Exercise brief: When you reach the entries below, transcribe each one exactly as it stands.

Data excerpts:
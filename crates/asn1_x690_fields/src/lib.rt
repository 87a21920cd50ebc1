//! Reads the fields of X.690 that all its rules share: identifier octets, lengths and headers.
//!
//! A call reads from the next bit of a [`State`] on. It returns what it read, or `None`, and then
//! the state has the first fault. A message must have fewer than 2^61 octets, and the state must be
//! inside it. Each contract is exact: it names what `asn1_x690` defines.
#![tactic(auto)]

mod header;
mod heads;
mod identifier;
mod length;
mod state;
mod tags;

pub use header::{Header, next_header};
pub use heads::{next_octet, next_octets};
pub use identifier::{FoundIdentifier, next_identifier, short_identifier_at};
pub use length::next_length;
pub use state::{State, fail};
pub use tags::{has_tag, is_identifier, tags_in};
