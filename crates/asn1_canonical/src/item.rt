//! The encodings by which items are compared.

use crate::context::{Context, Rules};
use asn1_schema::{Part, Span};
use asn1_x691_encode::Defaults;
use asn1_x691_writers::Rejection;
use std::alloc::{AllocError, Global};
use std::cell::Cell;

/// The most octets of a source or a message, and the most parts.
const MOST: usize = 1 << 60;

/// How many octets of PER there is room for before their number is known.
const FIRST_ROOM: usize = 64;

/// No default value: one that is present is encoded as it is.
const NO_DEFAULTS: Defaults<'static> = Defaults {
    octets: &NO_OCTETS,
    spans: &NO_SPANS,
};

const NO_OCTETS: [u8; 0] = [];

const NO_SPANS: [Span; 0] = [];

/// Returns the encoding of a value of the type at a node. `None` if it has none.
///
/// `lengths` must have a cell for each part. It has no meaning before or after the call.
///
/// # Errors
///
/// Returns an error if out of memory.
pub(crate) fn encoding_of<'x>(
    alloc: Global,
    context: &'x Context<'x>,
    depth: usize,
    node: usize,
    parts: &'x [Part],
    lengths: &'x [Cell<u8>],
) -> Result<Option<Vec<u8>>, AllocError> {
    if context.source.len() > MOST || parts.len() > MOST {
        return Ok(None);
    }
    match context.rules {
        Rules::Der => element_of(alloc, context, depth, node, parts, lengths),
        Rules::UnalignedPer => message_of(alloc, context, false, depth, node, parts),
        Rules::AlignedPer => message_of(alloc, context, true, depth, node, parts),
    }
}

/// Returns the element of a value. The items of a SET OF inside it are in the order that they have.
fn element_of<'x>(
    alloc: Global,
    context: &'x Context<'x>,
    depth: usize,
    node: usize,
    parts: &'x [Part],
    lengths: &'x [Cell<u8>],
) -> Result<Option<Vec<u8>>, AllocError> {
    if context.source.len() > MOST || parts.len() > MOST {
        return Ok(None);
    }
    let value = asn1_x690_encode::Context {
        tables: context.tables,
        tags: context.tags,
        defaults: NO_DEFAULTS,
        parts,
        source: context.source,
        is_ordered: false,
        lengths,
    };
    let Ok(needed) = asn1_x690_encode::measure(&value, depth, node) else {
        return Ok(None);
    };
    if needed.octets > MOST {
        return Ok(None);
    }
    let mut octets = vec![in alloc; 0u8; needed.octets]?;
    match asn1_x690_encode::encode(&value, depth, node, octets.as_mut_slice()) {
        Ok(_) => Ok(Some(octets)),
        Err(_) => Ok(None),
    }
}

/// Returns the message of a value in a variant of PER.
fn message_of<'x>(
    alloc: Global,
    context: &'x Context<'x>,
    is_aligned: bool,
    depth: usize,
    node: usize,
    parts: &'x [Part],
) -> Result<Option<Vec<u8>>, AllocError> {
    if context.source.len() > MOST || parts.len() > MOST {
        return Ok(None);
    }
    let value = asn1_x691_encode::Context {
        tables: context.tables,
        defaults: NO_DEFAULTS,
        parts,
        source: context.source,
        is_aligned,
    };
    let mut octets: Vec<u8> = Vec::new(alloc);
    let mut room = FIRST_ROOM;
    for _ in 0..usize::BITS {
        if room > MOST {
            break;
        }
        octets.resize(room, 0)?;
        match asn1_x691_encode::encode(&value, depth, node, octets.as_mut_slice()) {
            Ok(encoded) if encoded.octets <= room => {
                octets.truncate(encoded.octets);
                return Ok(Some(octets));
            }
            Ok(encoded) => room = encoded.octets,
            Err(misfit) if misfit.reason == Rejection::NoRoom => room = room.saturating_mul(2),
            Err(_) => break,
        }
    }
    Ok(None)
}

The answer:
filename crates/asn1_x690_fields/src/lib.rt
repository 87a21920cd50ebc1
//! Reads the fields of X.690 that all its rules share: identifier octets, lengths and headers.
//!
//! A call reads from the next bit of a [`State`] on. It returns what it read, or `None`, and then
//! the state has the first fault. A message must have fewer than 2^61 octets, and the state must be
//! inside it. Each contract is exact: it names what `asn1_x690` defines.
#![tactic(auto)]

mod header;
mod heads;
mod identifier;
mod length;
mod state;
mod tags;

pub use header::{Header, next_header};
pub use heads::{next_octet, next_octets};
pub use identifier::{FoundIdentifier, next_identifier, short_identifier_at};
pub use length::next_length;
pub use state::{State, fail};
pub use tags::{has_tag, is_identifier, tags_in};
filename crates/asn1_canonical/src/item.rt
//! The encodings by which items are compared.

use crate::context::{Context, Rules};
use asn1_schema::{Part, Span};
use asn1_x691_encode::Defaults;
use asn1_x691_writers::Rejection;
use std::alloc::{AllocError, Global};
use std::cell::Cell;

/// The most octets of a source or a message, and the most parts.
const MOST: usize = 1 << 60;

/// How many octets of PER there is room for before their number is known.
const FIRST_ROOM: usize = 64;

/// No default value: one that is present is encoded as it is.
const NO_DEFAULTS: Defaults<'static> = Defaults {
    octets: &NO_OCTETS,
    spans: &NO_SPANS,
};

const NO_OCTETS: [u8; 0] = [];

const NO_SPANS: [Span; 0] = [];

/// Returns the encoding of a value of the type at a node. `None` if it has none.
///
/// `lengths` must have a cell for each part. It has no meaning before or after the call.
///
/// # Errors
///
/// Returns an error if out of memory.
pub(crate) fn encoding_of<'x>(
    alloc: Global,
    context: &'x Context<'x>,
    depth: usize,
    node: usize,
    parts: &'x [Part],
    lengths: &'x [Cell<u8>],
) -> Result<Option<Vec<u8>>, AllocError> {
    if context.source.len() > MOST || parts.len() > MOST {
        return Ok(None);
    }
    match context.rules {
        Rules::Der => element_of(alloc, context, depth, node, parts, lengths),
        Rules::UnalignedPer => message_of(alloc, context, false, depth, node, parts),
        Rules::AlignedPer => message_of(alloc, context, true, depth, node, parts),
    }
}

/// Returns the element of a value. The items of a SET OF inside it are in the order that they have.
fn element_of<'x>(
    alloc: Global,
    context: &'x Context<'x>,
    depth: usize,
    node: usize,
    parts: &'x [Part],
    lengths: &'x [Cell<u8>],
) -> Result<Option<Vec<u8>>, AllocError> {
    if context.source.len() > MOST || parts.len() > MOST {
        return Ok(None);
    }
    let value = asn1_x690_encode::Context {
        tables: context.tables,
        tags: context.tags,
        defaults: NO_DEFAULTS,
        parts,
        source: context.source,
        is_ordered: false,
        lengths,
    };
    let Ok(needed) = asn1_x690_encode::measure(&value, depth, node) else {
        return Ok(None);
    };
    if needed.octets > MOST {
        return Ok(None);
    }
    let mut octets = vec![in alloc; 0u8; needed.octets]?;
    match asn1_x690_encode::encode(&value, depth, node, octets.as_mut_slice()) {
        Ok(_) => Ok(Some(octets)),
        Err(_) => Ok(None),
    }
}

/// Returns the message of a value in a variant of PER.
fn message_of<'x>(
    alloc: Global,
    context: &'x Context<'x>,
    is_aligned: bool,
    depth: usize,
    node: usize,
    parts: &'x [Part],
) -> Result<Option<Vec<u8>>, AllocError> {
    if context.source.len() > MOST || parts.len() > MOST {
        return Ok(None);
    }
    let value = asn1_x691_encode::Context {
        tables: context.tables,
        defaults: NO_DEFAULTS,
        parts,
        source: context.source,
        is_aligned,
    };
    let mut octets: Vec<u8> = Vec::new(alloc);
    let mut room = FIRST_ROOM;
    for _ in 0..usize::BITS {
        if room > MOST {
            break;
        }
        octets.resize(room, 0)?;
        match asn1_x691_encode::encode(&value, depth, node, octets.as_mut_slice()) {
            Ok(encoded) if encoded.octets <= room => {
                octets.truncate(encoded.octets);
                return Ok(Some(octets));
            }
            Ok(encoded) => room = encoded.octets,
            Err(misfit) if misfit.reason == Rejection::NoRoom => room = room.saturating_mul(2),
            Err(_) => break,
        }
    }
    Ok(None)
}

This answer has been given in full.